Author contributions: All authors contributed to this letter to the editor; Dogru GD conceptualized the letter, drafted the manuscript, and approved the final version for publication; Tugcu AO contributed to the writing process, critically revised the content, and approved the final version; Dursun CU reviewed the relevant literature, supported manuscript preparation, and approved the submitted version; all authors have read and approved the final version of this letter.
Conflict-of-interest statement: All the authors report no relevant conflicts of interest for this article.
Open Access: This article is an open-access article that was selected by an in-house editor and fully peer-reviewed by external reviewers. It is distributed in accordance with the Creative Commons Attribution NonCommercial (CC BY-NC 4.0) license, which permits others to distribute, remix, adapt, build upon this work non-commercially, and license their derivative works on different terms, provided the original work is properly cited and the use is non-commercial.
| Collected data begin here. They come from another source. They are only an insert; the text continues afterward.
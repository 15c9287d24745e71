//! Laws of the index over whole runs. The functions do nothing: their contracts are the laws.
ghost use Rattle.index_laws.specs.Alone.{IdleChangesEnd};
ghost use Rattle.index_laws.specs.Headline.{Headline};
ghost use Rattle.index_laws.specs.Joined.{AnInsertIsFound, HandlesAreLinearizable, LoadedHaveEnded, OneRunIsAnExecution, SeeingIsDone, ShownHaveEnded, SilentStepsEnd, StepsNeedNoGate, TwoThatMeetHaveEnded};
ghost use Rattle.index_laws.specs.Rest.{CountLeavesNoneOut, IdlePassesLeaveAlone, NoRecordIsLost, OnePassLosesNone};
ghost use Rattle.index_laws.specs.Statements.{AGetReturns, Responses};
ghost use Rattle.index_laws.specs.Steps.{StepsAreMoments, StepsFollow};
ghost use Rattle.index_laws.specs.Traced.{AGetIsTraced, CallsMakeNoAsides, EndedBeforeLoaded, EndedOrLoadedBefore, EndedOrShownBefore, LoadsAreMoments, LoadsSeeAll, MetAreOfOneRun, TracedAreExecutions};

use rowex_core::Gate;

/// A run may begin at a new index. A call that has ended as its contract says responds or is refused in the run. So an execution is a run.
/// Where a call that waits may be refused for want of records, one that doesn't wait may be, too.
pub fn ended_calls_respond_or_are_refused()
    ensures { Responses }
{}

/// Most promises of the index: each field of `Headline` is one.
pub fn all_promises_hold()
    ensures { Headline }
{}

/// For each layout with a pass, and each key, there is an execution in which a call returns. It is a get in a new index, which finds its
/// key absent. So no law of executions is empty.
pub fn a_get_returns()
    ensures { AGetReturns }
{}

/// Let a core show the table's state. An atomic step that a pass may make by what it knows is legal in that core. The core after the step,
/// and the run with it, are those of the table's next state.
pub fn allowed_steps_are_legal()
    ensures { StepsFollow }
{}

/// Take a configuration of a run whose core shows the table's state. Let a pass know there what its seat knows, and have a call pending.
/// Then each atomic step that the pass may make is a step of the run. It leads to a configuration whose core shows the table's next state.
/// There the pass knows what the step taught it.
pub fn allowed_steps_are_steps_of_the_run()
    ensures { StepsAreMoments }
{}

/// The contracts of steps, of stamps, of meetings and of calls make an execution. The premise is that the steps of all passes have one
/// order, in which each step's trace is what came before it.
pub fn contracts_make_an_execution()
    ensures { TracedAreExecutions }
{}

/// Let the traces of all passes of an index have ended in one run. The calls that the passes made are an execution by contracts alone, and
/// linearizable. No premise speaks of executions.
pub fn calls_of_one_run_are_an_execution()
    ensures { OneRunIsAnExecution }
{}

/// Take a run of an index's table that begins with the steps of which each pass of the index knew. Let each of these passes then be shown
/// steps that begin with this run. The traces that the passes had before have ended in the run.
pub fn shown_passes_have_ended_in_one_run()
    ensures { ShownHaveEnded }
{}

/// Let one handle of an index see what another, its leader, has seen: by `hot_see` of C, or by `stamp` and `follow`. Then each of the two
/// passes has done one thing more: it was shown changes. The handle's pass knows a run of the table that begins with the steps of which the
/// leader's knew.
pub fn seeing_is_done()
    ensures { SeeingIsDone }
{}

/// Let each pass of an index have a handle, from Rattle or from C. A handle may be open or closed. Let a run of the index have no step of a
/// pass after those that its handle knew: the handle made no call since, or it saw a leader that knew the run. The calls that all handles
/// had made before are linearizable.
pub fn handles_that_see_are_linearizable()
    ensures { HandlesAreLinearizable }
{}

/// Let the only two passes of an index meet. The traces that they had before have ended in one run: that of which both know afterwards.
pub fn two_that_meet_have_ended_in_one_run()
    ensures { TwoThatMeetHaveEnded }
{}

/// The passes of a table that was just made by a bulk load have ended in one run, whose one step is the load. Pass 0 has made the load, and
/// no other pass has done anything.
pub fn loaded_passes_have_ended_in_one_run()
    ensures { LoadedHaveEnded }
{}

/// For each index of two passes or more, and each value of 64 bits, there are calls that have ended in one run. Pass 0 inserts the empty key
/// with this value, pass 1 finds it, and the others do nothing. So the premise of `calls_of_one_run_are_an_execution` can be met.
pub fn an_insert_is_found()
    ensures { AnInsertIsFound }
{}

/// Let all passes of an index be idle, between two calls each. The calls that one of them then makes are alone while no other makes a step, so
/// `alone_calls_end` of `hot_index` speaks of them.
pub fn idle_passes_leave_alone()
    ensures { IdlePassesLeaveAlone }
{}

/// Let all passes of an index be idle, and let one change the index while no other makes a step. It gets its reply in one try, where enough
/// records are free: 4,322 node records, or two thirds of them and one, and a leaf record with room for its key. So it is after a
/// `collect`, while the index has 4,322 node records more than keys, or three for each key and two, and more leaf records than keys.
pub fn idle_changes_end<G: Gate>()
    ensures { IdleChangesEnd G.becomes }
{}

/// Steps of which a gate is told are steps with no gate, too. So laws that know no gate hold of calls with one.
pub fn steps_need_no_gate<G: Gate>()
    ensures { StepsNeedNoGate G.becomes }
{}

/// The steps of a round of collection or of a count, which come with no notes, are the steps of a call. So the laws of calls hold of rounds
/// and counts.
pub fn silent_steps_are_of_a_call()
    ensures { SilentStepsEnd }
{}

/// For each table with a pass, and each key, there is an execution by contracts alone. In it a get in a new index finds its key absent. So
/// no law of such executions is empty.
pub fn a_get_returns_by_contracts_alone()
    ensures { AGetIsTraced }
{}

/// In an execution by contracts alone, a load of the root is the step of one time. The load shows its pass all that any pass had seen by
/// then.
pub fn a_root_load_has_its_moment()
    ensures { LoadsAreMoments }
{}

/// Let a pass have made the steps of a call. Let a later call load the root after all steps of which that pass knew when its call ended.
/// The later call is shown all changes that the pass had seen then.
pub fn a_root_load_shows_earlier_changes()
    ensures { LoadsSeeAll }
{}

/// Let two calls with a key each be answered. Let the second call's pass load the root after all steps of which the first call's pass knew
/// when that call ended. Then the first call stands no later than the second, and earlier if it changed the map.
pub fn calls_stand_in_order_of_steps()
    ensures { EndedBeforeLoaded }
{}

/// Let one run have the traces of two answered calls with a key each. Either the first stands as in `calls_stand_in_order_of_steps`, or the
/// first call's pass knew of the second one's load of the root when the first ended.
pub fn calls_stand_in_order_or_first_knew_the_load()
    ensures { EndedOrLoadedBefore }
{}

/// Let two calls with a key each be answered. Let one run begin with the first call's trace, and with all steps before the second call's
/// load of the root. Then one of two is so. The first call stands no later than the second, and earlier if it changed the map. Or the first
/// call's pass knew of all these steps when that call ended.
pub fn calls_stand_in_order_or_first_knew_the_steps()
    ensures { EndedOrShownBefore }
{}

/// Two passes that have met are of one run of the table. Take the steps of which one knew at some time before the meeting, and those of
/// which the other knew at some time before it. One list begins with the other.
pub fn met_passes_are_of_one_run()
    ensures { MetAreOfOneRun }
{}

/// A call that makes steps, as one with one key or a scan does, makes no stamp, follows none and meets no other pass.
pub fn calls_neither_stamp_nor_follow_nor_meet()
    ensures { CallsMakeNoAsides }
{}

/// Let no call of an index be running, and let fewer than 2^60 - 2 steps have been made. A `collect` that runs alone then leaves each
/// record free or in the tree. All leaf records are free but one for each key. The node records that aren't free are fewer than the keys,
/// and none if there is no key. A `census` after the round counts just these. What a census calls uncommitted is free.
pub fn no_record_is_lost<G: Gate>()
    ensures { NoRecordIsLost G.becomes }
{}

/// In an index of one pass, a round between any two calls leaves each record free or in the tree, as `no_record_is_lost` says. The bound on
/// the steps made is the same.
pub fn one_pass_loses_no_record<G: Gate>()
    ensures { OnePassLosesNone G.becomes }
{}

/// A `census` counts each record once, in one state or as uncommitted. In a table whose records are all committed none is uncommitted.
pub fn a_census_leaves_no_record_out<G: Gate>()
    ensures { CountLeavesNoneOut G.becomes }
{}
See: https://creativecommons.org/Licenses/by-nc/4.0/
Corresponding author: Galip Dogukan Dogru, MD, Department of Radiation Oncology, Gulhane Training and Research Hospital, General Dr. Tevfik Sağlam Street No. 1 Etlik, Ankara 06010, Türkiye. dogukandogru.95@gmail.com
Received: January 7, 2025
Revised: March 4, 2025
Accepted: March 20, 2025
Published online: March 28, 2025
Processing time: 79 Days and 14.9 Hours

Abstract

This letter to the editor critically appraises the study by Luo et al. While the study provides valuable insights into imaging-pathology correlations in pancreatic cancer, we identify several opportunities for enhancing its clinical relevance. Notably, the exclusion of magnetic resonance cholangiopancreatography and positron emission tomography/computed tomography imaging limits the study’s diagnostic scope, as these modalities offer superior capabilities in differentiating benign from malignant lesions and assessing metabolic tumor activity. Additionally, the retrospective, cross-sectional design restricts the potential for dynamic insights into disease progression. We also highlight the untapped potential of radiomics-based analyses, which could significantly improve diagnostic accuracy and prognostic assessments. We recommend integrating these advanced imaging modalities, adopting longitudinal study designs, and leveraging radiomics approaches in future research to enhance the diagnostic frameworks in pancreatic cancer imaging.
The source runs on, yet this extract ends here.